When anger, anxiety and a need to control drive our discipline, we unintentionally communicate to our children that we are not emotionally safe. They will self-protect by closing their hearts to us.
The Heart’s Overflow
In Matthew 12:34, Jesus said, “…out of the overflow of the heart the mouth speaks.” In other words, whatever “baggage” we have affects not only us, but it overflows to our children. When what’s in our heart is anger, anxiety, or a need to control, we can’t help but spill out messages to our children they perceive to mean:
- “You are a pain.”
- “You are a problem.”
- “You make me angry” (which puts the child in control of the parent’s emotions).
- “You are unloved when you act up.”
When children perceive these messages in our discipline, they most likely will resist our efforts. Even if kids comply to avoid rejection or punishment, these kind of messages won’t build values that motivate kids to do the right thing for good reasons. Nearly all parents occasionally react this way. But if it becomes the norm, kids will embrace those messages as their identity.
It is therefore very important for parents to learn to be emotionally safe by calming their hearts before discipline. Only then can they speak truth from a heart of God’s grace and peace rather than communicate false or hurtful messages from a heart of anger or control.
The Overflow of Grace
When we are emotionally safe for our children, their identity will be strengthened by messages like these, that they receive and internalize:
- “I am for you, not against you.”
- “You are safe with me. God gives me peace and wisdom.”

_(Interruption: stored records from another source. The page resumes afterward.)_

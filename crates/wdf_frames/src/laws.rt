//! What the definitions of `specs/` imply: each function is a law, whose contract is proved and
//! whose body calls laws alone.
ghost use Rattle.wdf_bounds.specs.Plans.{PlanOf};
ghost use Rattle.wdf_wav.specs.declared.head.Head.{Head};
ghost use Rattle.wdf_frames.specs.Ends.{HasOneEnd};
ghost use Rattle.wdf_frames.specs.FrameLaws.{HasOneResult};
ghost use Rattle.wdf_frames.specs.Setting.{setting};
ghost use Rattle.wdf_frames.specs.WorkedRuns.{AreWorkedRuns};

use wdf_lattice::Networks;
use wdf_lattice::laws::one_wave;
use wdf_wav::laws::data_append;

/// Bytes of frames give the output samples that were worked by hand: of one channel and of two, of two
/// sources in one run, of which one is limited, and of a lattice. So they do the totals of runs: of two
/// channels and of a branch.
pub fn worked_runs()
    ensures { AreWorkedRuns }
{}

/// The input behind a head of 1 to 8 channels of 8, 16, 24 or 32 bits has one end: all frames are
/// there and within amp, or a sample of a whole frame is the first over amp, or the input ends after
/// so many whole frames.
#[tactic(auto, using(crate::proofs::EndLemmas::one_end))]
pub fn one_end()
    ensures { HasOneEnd }
{
    data_append(8);
    data_append(16);
    data_append(24);
    data_append(32);
}

/// The bytes of frames have one result: the header, and the output samples that they give.
#[tactic(auto, using(crate::proofs::ResultLemmas::one_result))]
pub fn one_result(networks: &Networks)
    ensures { (plans : PlanOf) (form : Head) → HasOneResult (setting networks.now plans form) }
{
    one_wave(networks);
}
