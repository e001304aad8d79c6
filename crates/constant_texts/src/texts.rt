// What constants are, as contracts of functions that do nothing.
ghost use Rattle.constant_texts.specs.Defaults.{AddressesAre, ChunksAre, ClientDefaultsAre};
ghost use Rattle.constant_texts.specs.MediaTypes.{AcceptedAre, LayerTypesAre, MediaTypesAre};
ghost use Rattle.constant_texts.specs.Names.{AnnotationNamesAre, HeaderNamesAre, PlatformNamesAre};
ghost use Rattle.constant_texts.specs.Numbers.{KeyParametersAre, LimitsAre};

/// States the text of each media type.
pub fn media_types_are_these()
    ensures documents { MediaTypesAre }
    ensures layers { LayerTypesAre }
    ensures accepted { AcceptedAre }
{}

/// States the text of each name of a platform, a header field and an annotation.
pub fn names_are_these()
    ensures platforms { PlatformNamesAre }
    ensures headers { HeaderNamesAre }
    ensures annotations { AnnotationNamesAre }
{}

/// States the value of each limit, and of the parameters of encrypted private keys.
pub fn numbers_are_these()
    ensures limits { LimitsAre }
    ensures keys { KeyParametersAre }
{}

/// States the defaults of the registry client, the size of a chunk, and the addresses of Rekor and Fulcio.
pub fn defaults_are_these()
    ensures client { ClientDefaultsAre }
    ensures chunks { ChunksAre }
    ensures addresses { AddressesAre }
{}
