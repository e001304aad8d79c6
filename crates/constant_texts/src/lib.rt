//! The text or the value of each public constant of the library.
#![tactic(auto)]

mod texts;

pub use texts::{defaults_are_these, media_types_are_these, names_are_these, numbers_are_these};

- “I love you no matter how you misbehave!”
- “You are capable of getting through this and resolving it.”
- “You are responsible and, even if your consequence is hard for you, I am here for you.”
These are messages of grace. They are the messages of love God demonstrates to us in our “misbehavior” (See Romans 5:8). When we can discipline in ways that communicate these messages, our children will open their hearts to our influence. But more important than that, they become more open to the very message of the Gospel.

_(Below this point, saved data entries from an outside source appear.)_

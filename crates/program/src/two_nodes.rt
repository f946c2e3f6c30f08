//! Two nodes that a lab joins, with the settings of two files.

ghost use Rattle.std.specs.Prelude.{◌≡◌, ◌≢◌, ◌⊎◌, IfOk, OnOk, Err, true, false};
ghost use Rattle.std.specs.Io.KnownBytes.{IsAtEnd};
ghost use Rattle.script.specs.Faults.{MakesReads, reads_failed, writes_failed};
ghost use Rattle.exchange.specs.Calls.{Kept};
ghost use Rattle.lab.specs.Script.{LeavesAll};
ghost use Rattle.settings_file.specs.Faults.{no_memory};
ghost use Rattle.settings.specs.Facing.{IsFacing};
ghost use Rattle.settings.specs.Naming.{link_names};
ghost use Rattle.program.specs.Explaining.{IsLabEndExplained};
ghost use Rattle.program.specs.Program.{streams, told, status_after, EndsWith, HasNoMemory};
ghost use Rattle.program.specs.Program.{AreJoined, RunsLabScript, RunsNodes, RunsLab};

use crate::ending::{end_with, tell_no_memory};
use crate::explaining::{explain_lab_end, explain_strangers};
use crate::folder::Folder;
use crate::program::{Status, status_after};
use crate::settings_files::settings_of;
use exchange::{Exchange, NoMemory};
use lab::{Joiner, run_datagram_lab, run_lab};
use script::{ScriptFault, Sink, Source};
use settings::Settings;
use std::alloc::Global;

/// How the links of a lab are joined.
#[derive(Drop)]
pub(crate) enum Medium<'a, J> {
    /// By the streams of a joiner.
    Streams(&'a mut J),
    /// By datagrams of this machine.
    Datagrams(&'a HostRuntime),
}

/// Runs the lab script on two nodes with the settings of two files. Faults are found in this order: the near file, the
/// far file, whether the nodes face each other, memory for them, the script.
pub(crate) fn run_files<F: Folder, J: Joiner, R: Source, W: Sink, E: Sink>(
    alloc: Global,
    folder: &F,
    files: (&str, &str),
    medium: Medium<'_, J>,
    reader: &mut R,
    writer: &mut W,
    errors: &mut E,
) -> Status
    ensures { RunsLab files.entry.0.now files.entry.1.now (F.reads folder.now)
        (streams (R.input reader.old) (W.output writer.old) (E.output errors.old))
        (streams (R.input reader.new) (W.output writer.new) (E.output errors.new)) result }
{
    let near = match settings_of(alloc, folder, files.0, writer, errors) {
        Ok(settings) => settings,
        Err(status) => return status,
    };
    let far = match settings_of(alloc, folder, files.1, writer, errors) {
        Ok(settings) => settings,
        Err(status) => {
            drop(near);
            return status;
        }
    };
    run_if_facing(alloc, near, far, files, medium, reader, writer, errors)
}

/// Runs the lab script on two nodes with these settings, read from files of these names, if they face each other and
/// name their links alike.
fn run_if_facing<J: Joiner, R: Source, W: Sink, E: Sink>(
    alloc: Global,
    near: Settings,
    far: Settings,
    files: (&str, &str),
    medium: Medium<'_, J>,
    reader: &mut R,
    writer: &mut W,
    errors: &mut E,
) -> Status
    ensures { RunsNodes files.entry.0.now files.entry.1.now near far
        (streams (R.input reader.old) (W.output writer.old) (E.output errors.old))
        (streams (R.input reader.new) (W.output writer.new) (E.output errors.new)) result }
{
    if can_join(&near, &far) {
        return run_between(alloc, near, far, medium, reader, writer, errors);
    }
    drop(near);
    drop(far);
    explain_strangers(alloc, files.0, files.1, errors);
    end_with(Status::Start, b"fault NotFacing\n", writer)
}

/// Whether nodes with these settings face each other, and name their links alike.
fn can_join(near: &Settings, far: &Settings) -> bool
    ensures facing { result ≡ true → IsFacing near.now far.now }
    ensures alike { result ≡ true → link_names near.now ≡ link_names far.now }
    ensures strangers { result ≡ false → ¬ (AreJoined near.now far.now) }
{
    near.faces(far) && near.named_alike(far)
}

/// Runs the lab script on two nodes with these settings.
fn run_between<J: Joiner, R: Source, W: Sink, E: Sink>(
    alloc: Global,
    near: Settings,
    far: Settings,
    medium: Medium<'_, J>,
    reader: &mut R,
    writer: &mut W,
    errors: &mut E,
) -> Status
    requires facing { IsFacing near far }
    requires alike { link_names near ≡ link_names far }
    ensures { RunsLabScript
        (streams (R.input reader.old) (W.output writer.old) (E.output errors.old))
        (streams (R.input reader.new) (W.output writer.new) (E.output errors.new)) result
        ⊎ HasNoMemory
        (streams (R.input reader.old) (W.output writer.old) (E.output errors.old))
        (streams (R.input reader.new) (W.output writer.new) (E.output errors.new)) result }
{
    let Ok(mut near) = booted(alloc, near) else {
        drop(far);
        return tell_no_memory(writer);
    };
    let ended = run_beside(alloc, &mut near, far, medium, reader, writer, errors);
    drop(near);
    ended
}

/// The same, if the near node is booted.
fn run_beside<J: Joiner, R: Source, W: Sink, E: Sink>(
    alloc: Global,
    near: &mut Exchange,
    far: Settings,
    medium: Medium<'_, J>,
    reader: &mut R,
    writer: &mut W,
    errors: &mut E,
) -> Status
    requires facing { IsFacing near.old.settings far }
    requires alike { link_names near.old.settings ≡ link_names far }
    ensures { RunsLabScript
        (streams (R.input reader.old) (W.output writer.old) (E.output errors.old))
        (streams (R.input reader.new) (W.output writer.new) (E.output errors.new)) result
        ⊎ HasNoMemory
        (streams (R.input reader.old) (W.output writer.old) (E.output errors.old))
        (streams (R.input reader.new) (W.output writer.new) (E.output errors.new)) result }
{
    let Ok(mut far) = booted(alloc, far) else {
        return tell_no_memory(writer);
    };
    let ended = run_booted(alloc, near, &mut far, medium, reader, writer, errors);
    drop(far);
    ended
}

/// The same, if both nodes are booted.
fn run_booted<J: Joiner, R: Source, W: Sink, E: Sink>(
    alloc: Global,
    near: &mut Exchange,
    far: &mut Exchange,
    medium: Medium<'_, J>,
    reader: &mut R,
    writer: &mut W,
    errors: &mut E,
) -> Status
    requires facing { IsFacing near.old.settings far.old.settings }
    requires alike { link_names near.old.settings ≡ link_names far.old.settings }
    ensures { RunsLabScript
        (streams (R.input reader.old) (W.output writer.old) (E.output errors.old))
        (streams (R.input reader.new) (W.output writer.new) (E.output errors.new)) result
        ⊎ HasNoMemory
        (streams (R.input reader.old) (W.output writer.old) (E.output errors.old))
        (streams (R.input reader.new) (W.output writer.new) (E.output errors.new)) result }
{
    let script = run_by(alloc, near, far, medium, reader, writer);
    end_lab(alloc, script, writer, errors)
}

/// Runs the lab script on two nodes whose links are joined like this.
fn run_by<J: Joiner, R: Source, W: Sink>(
    alloc: Global,
    near: &mut Exchange,
    far: &mut Exchange,
    medium: Medium<'_, J>,
    reader: &mut R,
    writer: &mut W,
) -> Result<(), ScriptFault>
    requires facing { IsFacing near.old.settings far.old.settings }
    requires alike { link_names near.old.settings ≡ link_names far.old.settings }
    ensures end { OnOk result (IsAtEnd (R.input reader.new).remaining) }
    ensures bounded { MakesReads result (R.input reader.old).reads (R.input reader.new).reads }
    ensures reads { (R.input reader.new).failures ≡ reads_failed (R.input reader.old).failures result }
    ensures writes { (W.output writer.new).failures ≡ writes_failed (W.output writer.old).failures result }
    ensures unchanged { LeavesAll {N = Kept × Kept} result (near.old, far.old) (near.new, far.new)
        (R.input reader.old) (R.input reader.new) (W.output writer.old) (W.output writer.new) }
{
    match medium {
        Medium::Streams(joiner) => run_lab(alloc, near, far, joiner, reader, writer),
        Medium::Datagrams(rt) => run_datagram_lab(rt, alloc, near, far, reader, writer),
    }
}

/// The node with these settings, before its first event.
pub(crate) fn booted(alloc: Global, settings: Settings) -> Result<Exchange, NoMemory>
    ensures { IfOk result (λ node. node.settings ≡ settings) }
{
    Exchange::boot(alloc, settings)
}

/// Explains why a lab script ended before its end, if it did, and returns how the program ends.
pub(crate) fn end_lab<W: Sink, E: Sink>(
    alloc: Global,
    script: Result<(), ScriptFault>,
    writer: &mut W,
    errors: &mut E,
) -> Status
    ensures memory { script ≡ Err ScriptFault.NoMemory
        → EndsWith Status.Start (told no_memory) (W.output writer.old) (W.output writer.new) result
        × (E.output errors.new ≡ E.output errors.old) }
    ensures status { script ≢ Err ScriptFault.NoMemory → result ≡ status_after script }
    ensures unwritten { script ≢ Err ScriptFault.NoMemory → W.output writer.new ≡ W.output writer.old }
    ensures explained { IsLabEndExplained script (E.output errors.old) (E.output errors.new) }
{
    if let Err(ScriptFault::NoMemory) = script {
        return tell_no_memory(writer);
    }
    explain_lab_end(alloc, script, errors);
    status_after(script)
}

Learning to receive God’s grace for ourselves, and then dispensing that grace to our kids, is the essence of becoming a safe parent. When we do this, we can focus more on caring for our children’s souls than on managing their misbehavior.
Practical steps to become a safer parent:
1) Remind yourself of grace-filled truth. Which of these stands out to you? You might even say your truth out loud:
- God loves my child and me in our messy state.
- The only person I can control is me.
- I don’t need to solve this immediately (…in most instances).
2) Take a few deep breaths and ask yourself, “What message do I want my child to get from this interaction?” Let the answer guide your response.
3) If you’re still stumped, say, “I don’t yet know what the wisest response to this situation is, so I’m going to consider this and let you know later.”
These simple steps will slow down the whole discipline effort so you can respond in an emotionally safe way. When you do, kids are much more likely to thoughtfully consider their own behavior instead of defend themselves, and maybe even learn some valuable life-lessons in the process as you model thoughtful self-control and respect!
Whatever small changes you make toward safety, celebrate! Even a small change is a big deal to your child.